Thanks. Longer seat post? I forgot to mention that I am only 5"9 but long legged compared to my upper body, short arms. My seat tube on any medium is very high compared to the front cockpit, so I need a tall seat tube length (Far more than average) and a high stack on the bars up front. Will the older bike benefit me from that? My friend has a 2019 Trail and thinks it is the best geometry of the batch. Did not want the 21 since it is longer reach and new geo


----------



## lixxfe (Apr 19, 2012)

I would think the issue with having a long seat post and the slack seat tube angle of the 429 Trail is how far back over the rear wheel the seat will be positioned at ride height. It's likely to end up being a wheelie machine for you!


----------



## pctloper (Jan 3, 2016)

I am 6 foot with a 34.4 inseam so very long legged----the longer seat post then will be fine for you and that bike has a higher stack than the newer stuff. We seem to forget that bikes a few years old we raved about a few years ago just like we do today on the 2021 models. Yes they had slacker seat tubes and steeper head angles but we seemed to love them in 2016---and the 429 was Pivot's best selling model as the new one is today.


----------



## lixxfe (Apr 19, 2012)

pctloper said:


> We seem to forget that bikes a few years old we raved about a few years ago just like we do today on the 2021 models. Yes they had slacker seat tubes and steeper head angles but we seemed to love them in 2016---and the 429 was Pivot's best selling model as the new one is today.

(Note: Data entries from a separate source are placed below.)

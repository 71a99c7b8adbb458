//! The pages that a host shows.
ghost use Rattle.std.specs.Prelude.{◌≡◌, ◌++◌, IfOk, OnOk, filter_map, map, option_map};
ghost use Rattle.std.specs.Option.{option_copied};
ghost use Rattle.run_states.specs.Life.{HasMoments};
ghost use Rattle.run_states.specs.Rows.{find_row, IsAscendingRows};
ghost use Rattle.host_model.specs.Book.{find_task};
ghost use Rattle.host_model.specs.Views.{archivers_of, run_view, runs_of, shown, test_view, view_of};
ghost use Rattle.host_model.specs.declared.view.View.TheVariants.{Runs as RunsView, Task as TaskView};
ghost use Rattle.host_inputs.specs.Kept.{book_of};
ghost use Rattle.host_inputs.specs.Runs.{runs_of_task};
ghost use Rattle.host_pages.specs.Walks.{run_at};

use crate::schedule::schedule_lines;
use crate::showing::Showing;
use host_model::config::Config;
use host_model::reply::{Outcome, Reply};
use host_model::task_row::TaskRow;
use host_model::view::{Page, View};
use plugin_core::kind::{class_of_kind, read_kind};
use ps_time::boxed::Boxed;
use ps_time::items::Items;
use ps_time::key::RunKey;
use ps_time::memory::Memory;
use ps_time::text::Text;
use run_states::life::state_name;
use run_states::row::RunRow;
use std::alloc::Global;
use task_spec::task::Archive;

/// What a host answers to who asks for a page, over its book as it is settled at the moment of the step: the page, or that
/// there is no such test, task or run.
pub fn show<R: Showing>(
    alloc: Global,
    book: &R,
    config: &Config,
    page: Page,
) -> Result<Outcome, Memory>
    ensures { IfOk result (λ o. o ≡ shown (view_of config.now (book_of (R.at book.now) (R.seen book.now) (R.kept book.now)) (R.at book.now) page)) }
{
    let view = view_of(alloc, book, config, page)?;
    shown(alloc, view)
}

fn shown(alloc: Global, view: Option<View>) -> Result<Outcome, Memory>
    ensures { IfOk result (λ o. o ≡ shown view) }
{
    let reply = match view {
        Some(view) => Reply::View(Boxed::new(alloc, view)?),
        None => Reply::NotFound,
    };
    Ok(Outcome {
        reply,
        list: Items::new(alloc),
    })
}

fn view_of<R: Showing>(
    alloc: Global,
    book: &R,
    config: &Config,
    page: Page,
) -> Result<Option<View>, Memory>
    ensures { IfOk result (λ view. view ≡ view_of config.now (book_of (R.at book.now) (R.seen book.now) (R.kept book.now)) (R.at book.now) page) }
{
    match page {
        Page::Home => Ok(Some(View::Home)),
        Page::Clock => Ok(Some(View::Clock(book.moment()))),
        Page::Tests => Ok(Some(View::Tests)),
        Page::Tools => Ok(Some(View::Tools)),
        Page::Archivers => Ok(Some(View::Archivers)),
        Page::Test(name) => Ok(test_view(name)),
        Page::Tasks => Ok(Some(View::Tasks(serials_of(alloc, book.tasks())?))),
        Page::Task(serial) => copied(alloc, book.task(serial)),
        Page::Runs(serial) => runs_view(alloc, book, config.number, serial),
        Page::Run(key) => run_view(alloc, book, key),
        Page::Schedule { start, end } => Ok(Some(View::Schedule(schedule_lines(
            alloc, book, start, end,
        )?))),
    }
}

fn test_view(name: Text) -> Option<View>
    ensures { result ≡ test_view name }
{
    match read_kind(name.as_str()) {
        Some(kind) => Some(View::Test {
            name,
            class: class_of_kind(kind),
        }),
        None => None,
    }
}

fn serials_of(alloc: Global, tasks: &[TaskRow]) -> Result<Items<u32>, Memory>
    ensures { IfOk result (λ serials. serials ≡ map (λ t. t.serial) tasks.now) }
{
    let mut serials = Items::new(alloc);
    for task in tasks {
        serials.push(task.serial)?;
    }
    Ok(serials)
}

fn copied(alloc: Global, task: Option<&TaskRow>) -> Result<Option<View>, Memory>
    ensures { IfOk result (λ view. view ≡ option_map TaskView (option_copied task.entry)) }
{
    match task {
        Some(task) => Ok(Some(View::Task(task.copy(alloc)?))),
        None => Ok(None),
    }
}

fn runs_view<R: Showing>(
    alloc: Global,
    book: &R,
    lead: u16,
    serial: u32,
) -> Result<Option<View>, Memory>
    ensures { IfOk result (λ view. view ≡ option_map (λ t. RunsView (runs_of lead (R.seen book.now) serial)) (find_task (R.kept book.now).tasks serial)) }
{
    match book.task(serial) {
        Some(_) => Ok(Some(View::Runs(runs_of(alloc, book, lead, serial)?))),
        None => Ok(None),
    }
}

fn runs_of<R: Showing>(
    alloc: Global,
    book: &R,
    lead: u16,
    serial: u32,
) -> Result<Items<RunKey>, Memory>
    ensures { IfOk result (λ runs. runs ≡ runs_of lead (R.seen book.now) serial) }
{
    let mut runs = Items::new(alloc);
    add_runs(book, lead, serial, &mut runs)?;
    Ok(runs)
}

// Adds those of the task's runs that have an interval: a walk from one to the next, which looks at no other row.
fn add_runs<R: Showing>(
    book: &R,
    lead: u16,
    serial: u32,
    runs: &mut Items<RunKey>,
) -> Result<(), Memory>
    ensures list { OnOk result (runs.new ≡ runs.old ++ filter_map (run_at (R.seen book.now)) (runs_of_task lead serial (R.seen book.now))) }
    ensures ascending { IsAscendingRows (R.seen book.now) }
{
    let mut last = None;
    while let Some(key) = book.next_of_task(lead, serial, last) {
        if let Some(shown) = run_at(book, key) {
            runs.push(shown)?;
        }
        last = Some(key);
    }
    Ok(())
}

fn run_at<R: Showing>(book: &R, key: RunKey) -> Option<RunKey>
    ensures { result ≡ run_at (R.seen book.now) key }
{
    let row = book.find(key)?;
    if row.interval.is_some() {
        Some(row.key)
    } else {
        None
    }
}

fn run_view<R: Showing>(alloc: Global, book: &R, key: RunKey) -> Result<Option<View>, Memory>
    ensures { IfOk result (λ view. view ≡ option_map (run_view (book_of (R.at book.now) (R.seen book.now) (R.kept book.now)) (R.at book.now)) (find_row (R.seen book.now) key)) }
{
    match book.find(key) {
        Some(row) => Ok(Some(shown_run(alloc, book, row)?)),
        None => Ok(None),
    }
}

fn shown_run<R: Showing>(alloc: Global, book: &R, row: &RunRow) -> Result<View, Memory>
    requires { HasMoments row.now }
    ensures { IfOk result (λ view. view ≡ run_view (book_of (R.at book.now) (R.seen book.now) (R.kept book.now)) (R.at book.now) row.now) }
{
    let archivers = archivers_of(alloc, book, row)?;
    let state = state_name(row, book.moment());
    Ok(View::Run {
        row: row.copy(alloc)?,
        archivers,
        state,
    })
}

fn archivers_of<R: Showing>(alloc: Global, book: &R, row: &RunRow) -> Result<Items<Text>, Memory>
    ensures { IfOk result (λ names. names ≡ archivers_of (book_of (R.at book.now) (R.seen book.now) (R.kept book.now)) row.now) }
{
    if row.merged.is_none() {
        return Ok(Items::new(alloc));
    }
    match book.task(row.key.task) {
        Some(task) => names_of(alloc, task.task.archives.as_slice()),
        None => Ok(Items::new(alloc)),
    }
}

fn names_of(alloc: Global, archives: &[Archive]) -> Result<Items<Text>, Memory>
    ensures { IfOk result (λ names. names ≡ map (λ a. a.archiver) archives.now) }
{
    let mut names = Items::new(alloc);
    for archive in archives {
        names.push(archive.archiver.copy(alloc)?)?;
    }
    Ok(names)
}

Very true- I sure did love my old Mojo HD! On the other hand, the progress in geo is very clear when old and new are ridden back to back. As my wife says when talking about head angles, "once you go slack, you never go back!"  She happily rode a 2016 Pivot Mach 429 trail for many years, but wouldn't give it a second glance now after being on a newer bike.


----------